Tech Europe Big Berlin Hackathon · Reonic Track · Berlin · Apr 2026.

Co-built an AI tool that produces a complete residential renewable-energy proposal in seconds — solar PV, battery, heat pump, and EV wallbox sized to the household — presented as Budget / Balanced / Premium options with cost, self-sufficiency, payback, and refinable live by the user.

Engine: deterministic sizing rules + retrieval over 1,000+ real installations + an LLM for composition with safe rule-based fallback. Owned roof intelligence and 3D experience: built a CV pipeline over photogrammetry building models that detects roof planes and auto-places panels, integrated Google's photorealistic 3D Maps for live click-to-place panel editing.

Links: GitHub, demo.

WhatsApp AI Lead Qualification & Scheduling Agent (Customer Deployed)

Production deployment for a fitness business · Mar — Apr 2026.

Shipped a production AI agent on WhatsApp: qualifies leads conversationally, proposes time slots, obtains coach approval, and sends Google Meet confirmations — deployed to a paying customer with zero manual intervention in the booking flow.

Stack: Next.js, Vercel AI SDK, Neon Postgres, Upstash Redis, Meta Cloud API. Engineered stateful lead tracking, webhook deduplication, per-number rate limiting, human-handoff triggers, and Vercel Cron for automated reminders.

AI Factory Scheduling Agent (Hackathon)

Physical AI × Manufacturing Hackathon · Forgis · Zurich · Feb 2026.

Co-built an AI agent that schedules factory production orders on the Arke MES, takes operator approval over Telegram, and executes each phase on a robot arm with vision-based verification. Designed and implemented the scheduling algorithm as a mixed-integer linear program (Google OR-Tools) producing provably optimal sequences that minimise deadline tardiness across multi-phase orders.

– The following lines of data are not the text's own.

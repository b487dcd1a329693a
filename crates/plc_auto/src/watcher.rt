// What one watcher reads: the events of its thread, or of every thread that wasn't heard, by the table of its
// observer.
ghost use Rattle.std.specs.Prelude.{◌≡◌, take};
ghost use Rattle.plc_auto.specs.Table.{step, target_of};
ghost use Rattle.plc_auto.specs.Waiting.{is_kept_at};
ghost use Rattle.plc_auto.specs.Events.{thread_of};
ghost use Rattle.plc_auto.specs.Locations.{is_by, moved_by};

use crate::event::{EvKind, Event};
use crate::observer::Observer;
use crate::table::R_KEPT;
use plc_base::LocId;

/// An observer of one thread, or of every thread that wasn't heard.
#[derive(Clone, Copy)]
pub struct Watcher {
    pub observer: Observer,
    /// The thread; `None` stands for all that weren't heard.
    pub thread: Option<u32>,
}

/// The first `n` of these, or all where there are fewer.
pub fn first<T>(items: &[T], n: usize) -> &[T]
    ensures { result.now ≡ take n items.now }
{
    if n < items.len() { &items[..n] } else { items }
}

/// Whether a thread is that of a call or a return, if there is one.
pub fn is_by(by: Option<u32>, thread: Option<u32>) -> bool
    ensures { result ≡ is_by by thread }
{
    match (by, thread) {
        (Some(u), Some(t)) => u == t,
        _ => false,
    }
}

/// Whether an event is a call or a return of the watcher's own thread.
pub fn is_own(e: &Event, watcher: &Watcher) -> bool
    ensures { result ≡ is_by (thread_of e.now) watcher.now.thread }
{
    is_by(e.thread(), watcher.thread)
}

/// Where an event leads from a location; a number that is none is never left.
fn moved_from(
    observer: &Observer,
    kind: EvKind,
    by_own: bool,
    on_this: bool,
    l: LocId,
) -> Option<LocId>
    ensures { target_of result ≡ step observer.now l.0 kind by_own on_this }
{
    if l.0 < observer.count() {
        observer.step(l, kind, by_own, on_this)
    } else {
        Some(l)
    }
}

/// Where a kind of event leads from a location; `bad` is never left. `by_own` and `on_this` are those of
/// `Observer::step`.
pub fn moved(
    observer: &Observer,
    kind: EvKind,
    by_own: bool,
    on_this: bool,
    at: Option<LocId>,
) -> Option<LocId>
    ensures { target_of result ≡ moved_by observer.now kind by_own on_this (target_of at) }
{
    match at {
        None => None,
        Some(l) => moved_from(observer, kind, by_own, on_this, l),
    }
}

/// Whether a location is that of an address which was retired while its thread protected it.
pub fn is_kept_at(at: Option<LocId>) -> bool
    ensures { result ≡ is_kept_at (target_of at) }
{
    match at {
        None => false,
        Some(l) => l.0 == R_KEPT,
    }
}
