// Each part of a certificate reads a JSON value, or says that it isn't of its form. A trait has them
// all, so that one loop reads every list: of environments, of types, of trees and of nodes.
ghost use Rattle.std.specs.Prelude.{◌≡◌, IfOk};
ghost use Rattle.serde_json.specs.View.{view, items_view};
ghost use Rattle.plc_cert.specs.Shape.{each, list_of};

use plc_base::{Items, NoMemory};
use serde_json::Value;
use std::alloc::Global;

/// A part of a certificate.
pub(crate) trait Part: Sized {
    ghost use Rattle.std.specs.Prelude.{Option};
    ghost use Rattle.serde_json.specs.Data.{Data};

    /// Which part a value is.
    ghost shape: { Data → Option Self };

    /// The part that the value is, or `None`. The one error is that memory runs out.
    fn read(alloc: Global, value: &Value) -> Result<Option<Self>, NoMemory>
        ensures { IfOk result (λ part. part ≡ shape (view value.now)) };
}

/// The parts that the values are, or `None` where one of them is none.
fn each<T: Part + Drop>(alloc: Global, values: &[Value]) -> Result<Option<Items<T>>, NoMemory>
    ensures { IfOk result (λ parts. parts ≡ each T.shape (items_view values.now)) }
{
    let mut parts = Vec::with_capacity(alloc, values.len())?;
    for value in values {
        let Some(part) = T::read(alloc, value)? else {
            return Ok(None);
        };
        parts.push(part)?;
    }
    Ok(Some(Items::from_vec(parts)))
}

/// The parts of an array, or `None` where the value is no array of such parts.
pub(crate) fn list<T: Part + Drop>(
    alloc: Global,
    value: &Value,
) -> Result<Option<Items<T>>, NoMemory>
    ensures { IfOk result (λ parts. parts ≡ list_of T.shape (view value.now)) }
{
    let Some(values) = value.as_array() else {
        return Ok(None);
    };
    each(alloc, values.as_slice())
}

Built the vision-verification module that checks the workspace state after each robot move; simulated the full schedule live on an SO-101 robot arm during the 24h on-site demo.

Real-Time Voice Meeting Agent for Discord (In progress)

Personal project · Jan 2026 — Present.

Building an autonomous voice agent that joins Discord voice channels, engages in real-time conversation using STT/TTS, generates structured meeting summaries, and maintains persistent memory across sessions for longitudinal context.

YouTube Learning Companion — DeepNoteAI (Open Source)

Personal project · Feb — Jun 2025.

AI web app converting long-form YouTube videos into structured study sessions with segment-wise explanations and comprehension questions; multi-expert LLM pipeline with an async backend and FAISS-based vector retrieval. GitHub.

Education

M.Sc. Electrical Engineering — Smart Systems

University of Stuttgart, Germany · Oct 2024 — Present. Specialising in machine learning, generative modelling, and signal processing.

B.Tech Electrical and Electronics Engineering

National Institute of Technology, Calicut · 2017 — 2021. CGPA 8.01 / 10. Suspension & Steering Lead, Formula Student Team Unwired.

Stack

Frameworks: PyTorch, TensorFlow, HuggingFace Diffusers & Transformers.

Infrastructure: SLURM (multi-GPU H200/A6000), FP16 mixed-precision, Weights & Biases, distributed training.

Generative Modeling: Latent diffusion (SVD, DDPM, flow matching), ControlNet, VAE / VQVAE, autoregressive token models.

Computer Vision: Semantic segmentation (Cityscapes / KITTI-360), DRN-D-105, FID / FVD / mIoU evaluation.

Web & Apps: React, Next.js, Vercel AI SDK, Electron, Tailwind CSS.

Languages: Python, TypeScript / JavaScript, C / C++ (AUTOSAR / embedded).